The 'cpc-codes' dataset provides more context in "title" colomn. We can use it to inrich the 'train' dataset. Let's go into more details of this dataset.

In [None]:
titles[titles['section'] == 'A']['code'].unique

One section can contain sub-  and sub- sub- sections.

'pandas-profiling' library allows to get a fast EDA with a nice layout. However, one should be careful in interpreting the obtained results. Depending on the dataset some part of analysis can be sensless.

In [None]:
!pip install pandas-profiling

In [None]:
import pandas_profiling
#Generating PandasProfiling Report
report = pandas_profiling.ProfileReport(titles)

In [None]:
report

# Wordcloud

A wordcloud allows us to perseive in a glance the main semantic trends in the dataset.
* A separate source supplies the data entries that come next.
//! A shared desk that is opened, and its snapshots, with too little memory. All other calls of a shared
//! desk are tried by real processes.
ghost use Rattle.desk_shared.specs.Passes.{Owns};

use super::super::build::{desk, drought, leave};
use super::super::scenes::is_scene;
use super::build::share;
use desk_shared::{Pass, ShareFault, SharedDesk};
use std::alloc::Global;
use std::mem::forget;
use std::process::Abort;
use std::sync::Wait;
use test_support::Drought;

// The lines of the desk's scene.
const SCENE: &[&str] = &["agent 3 0,0 2,0"];

// Shares agent 3's desk with so many bytes. The desk comes back where there is no memory. Tells whether it
// did.
fn opens(
    rt: &impl Abort,
    alloc: Global,
    drought: &mut Drought,
    bytes: usize,
) -> (SharedDesk, Pass, bool)
    ensures { Owns result.0 result.1 }
{
    let desk = desk(rt, alloc, SCENE, 10);
    leave(rt, drought, Some(bytes));
    let opened = SharedDesk::open(alloc, desk, 1);
    drought.relieve();
    let back = match opened {
        Ok((shared, pass)) => return (shared, pass, false),
        Err((why, back)) => {
            assert!(rt; why == ShareFault::OutOfMemory && back.version() == 0);
            back
        }
    };
    let (shared, pass) = share(rt, alloc, back, 1);
    (shared, pass, true)
}

// The desk comes back with its scene.
fn closes(rt: &impl Abort, alloc: Global, shared: SharedDesk, pass: Pass)
    requires { Owns shared pass }
{
    let closed = shared.close(pass).expect(rt, "the desk");
    assert!(rt; closed.version() == 0 && is_scene(rt, alloc, closed.scene(), SCENE));
    forget(closed);
}

// Whether a snapshot is refused with so many bytes.
fn is_refused<R: Wait + Abort>(
    rt: &R,
    alloc: Global,
    drought: &mut Drought,
    shared: &SharedDesk,
    pass: &mut Pass,
    bytes: usize,
) -> bool
    requires { Owns shared.now pass.old }
    ensures { Owns shared.now pass.new }
{
    leave(rt, drought, Some(bytes));
    let copied = shared.snapshot(rt, pass);
    drought.relieve();
    match copied {
        Ok(copy) => {
            assert!(rt; copy.version == 0 && is_scene(rt, alloc, &copy.scene, SCENE));
            drop(copy);
            false
        }
        Err(_) => true,
    }
}

// How often a snapshot is refused, with 16 bytes more each time until it isn't.
fn refusals<R: Wait + Abort>(
    rt: &R,
    alloc: Global,
    drought: &mut Drought,
    shared: &SharedDesk,
    pass: &mut Pass,
) -> usize
    requires { Owns shared.now pass.old }
    ensures { Owns shared.now pass.new }
{
    for step in 0..1_000 {
        if !is_refused(rt, alloc, drought, shared, pass, 16 * step) {
            return step;
        }
    }
    panic!(rt; "refused with 16,000 bytes");
}

// After each refusal the turn is free, and the desk can be closed.
#[test]
fn want_of_memory_at_a_shared_desk(rt: HostRuntime) {
    let alloc = rt.alloc();
    let mut drought = drought(&rt, alloc);
    for step in 0..1_000 {
        let (shared, mut pass, back) = opens(&rt, alloc, &mut drought, 16 * step);
        let copies = refusals(&rt, alloc, &mut drought, &shared, &mut pass);
        assert!(rt; copies > 0 && shared.front(&mut pass) == 0);
        closes(&rt, alloc, shared, pass);
        if !back {
            assert!(rt; step > 0);
            drop(drought);
            return;
        }
    }
    panic!(rt; "refused with 16,000 bytes");
}
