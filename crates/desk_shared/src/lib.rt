//! A desk that several planners use, in threads of their own, each with a pass.
//!
//! The table that passes share (`board`) has two words, the length of the journal and the turn, and a
//! slot, the desk's place. `steps` has what a pass does with the turn: it takes the turn and the desk,
//! and puts the desk back, one entry longer (`grow`) or not (`free`). `plays` says what each of these
//! tells the rule of the table (`specs/Turns.antt`). `sharing` has the calls, in `sharing/asking` the
//! questions, in `sharing/splitting` how passes are split and joined; `opening` has one for those who
//! have no use for a desk that isn't shared.
#![tactic(auto)]

mod board;
mod faults;
mod laws;
mod numbers;
mod opening;
mod passes;
mod plays;
mod sharing;
mod steps;
mod windows;

pub use faults::{MOST_PLANNERS, PassLost, ShareFault, SplitFault};
pub use laws::{alone_finds_what_it_saw, one_planner_finds_what_it_saw};
pub use passes::Pass;
pub use sharing::SharedDesk;
pub use windows::Window;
The words that appear bigger than others in the cloud are the words that have the biggest occurances in the dataset.

In [None]:
from wordcloud import WordCloud, ImageColorGenerator
import matplotlib.pyplot as plt
from PIL import Image
import numpy as np

In [None]:
cloud_txt = ' '.join(train['target'].values.tolist())

In [None]:
wc = WordCloud()

In [None]:
wc.generate(cloud_txt)

In [None]:
wc.to_file('output.png')

In [None]:
%matplotlib inline
plt.imshow(wc, interpolation='bilinear')
plt.axis("off")
plt.show()

Based on wordcloud, we can suppose that the 'train' dataset contains phrases describing different devices, systems and materials. Let's make a wordcloud for the 'cpc-codes' dataset.

In [None]:
cloud_titles = ' '.join(titles['title'].values.tolist())

As the 'cpc-codes' dataset is bigger than the 'train' one, let's make the wordcloud image bigger.

In [None]:
wordcloud = WordCloud(width = 800, 
                      height = 800,
                      background_color ='white',
                      min_font_size = 10,
                      ).generate(cloud_txt) 

# plot the WordCloud image                        
plt.figure(figsize = (8, 8), facecolor = None)
plt.title("- Most Common Words within U.S. Patent Phrases -",
           size=22, weight="bold")
plt.imshow(wordcloud) 
plt.axis("off") 
plt.tight_layout(pad = 0) 

plt.show()

The general topic remains the same. The patents give the technical description of different devices, systems and materials. The patent code descriptions give precisions and details.

The EDA step is finished. The next step is training and testing different models.